What distinguishes human natural language from other naturally occurring communicative behaviours and communication systems ? An exclusive focus on syntax tends, paradoxically, to minimize the gap between human natural language and non-linguistic modes of communication. In addition to syntactic and morphological complexity, all natural languages also display symbolic complexity (sometimes referred to as « displacement »), cognitive complexity (in terms of conceptualization subsystems) and pragmatic complexity (linked, in the case of performatives, to symbolic complexity).
In this paper I develop the case that these dimensions of complexity are emergent consequences of the representational function of language, itself definitional, as proposed by Karl Bühler, of the distinction between SIGNALS and SYMBOLS. I argue that Bühler’s signal-symbol distinction is, in terms of psychology of language, a more useful semiotic classification than the better known Peircian triadic classification, inasmuch as icons may be viewed as a species of symbol, and linguistic symbolization is in most cases iconically motivated and always indexically situated.
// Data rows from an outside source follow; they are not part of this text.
//! A law of the definitions, the contract of a function that does nothing.
ghost use Rattle.tree_translation.specs.Laws.{TreesHaveTheNodesNeeded};

/// A tree of a file that does what a table does has as many nodes as the table needs.
pub fn trees_have_the_nodes_needed()
    ensures { TreesHaveTheNodesNeeded }
{}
I propose an account of language evolution based upon the representational development of prelinguistic, intentional communication in contexts of intentional, intersubjective joint reference. The model presented is one in which intentional reference becomes conventionalized and elaborated in processes of semanticization and grammaticalization, about which we know a great deal in the context of historical language change. I discuss the role in language evolution of the niche of infancy, and suggest that the model is compatible with a « late emergence » scenario for evolutionary modern natural languages.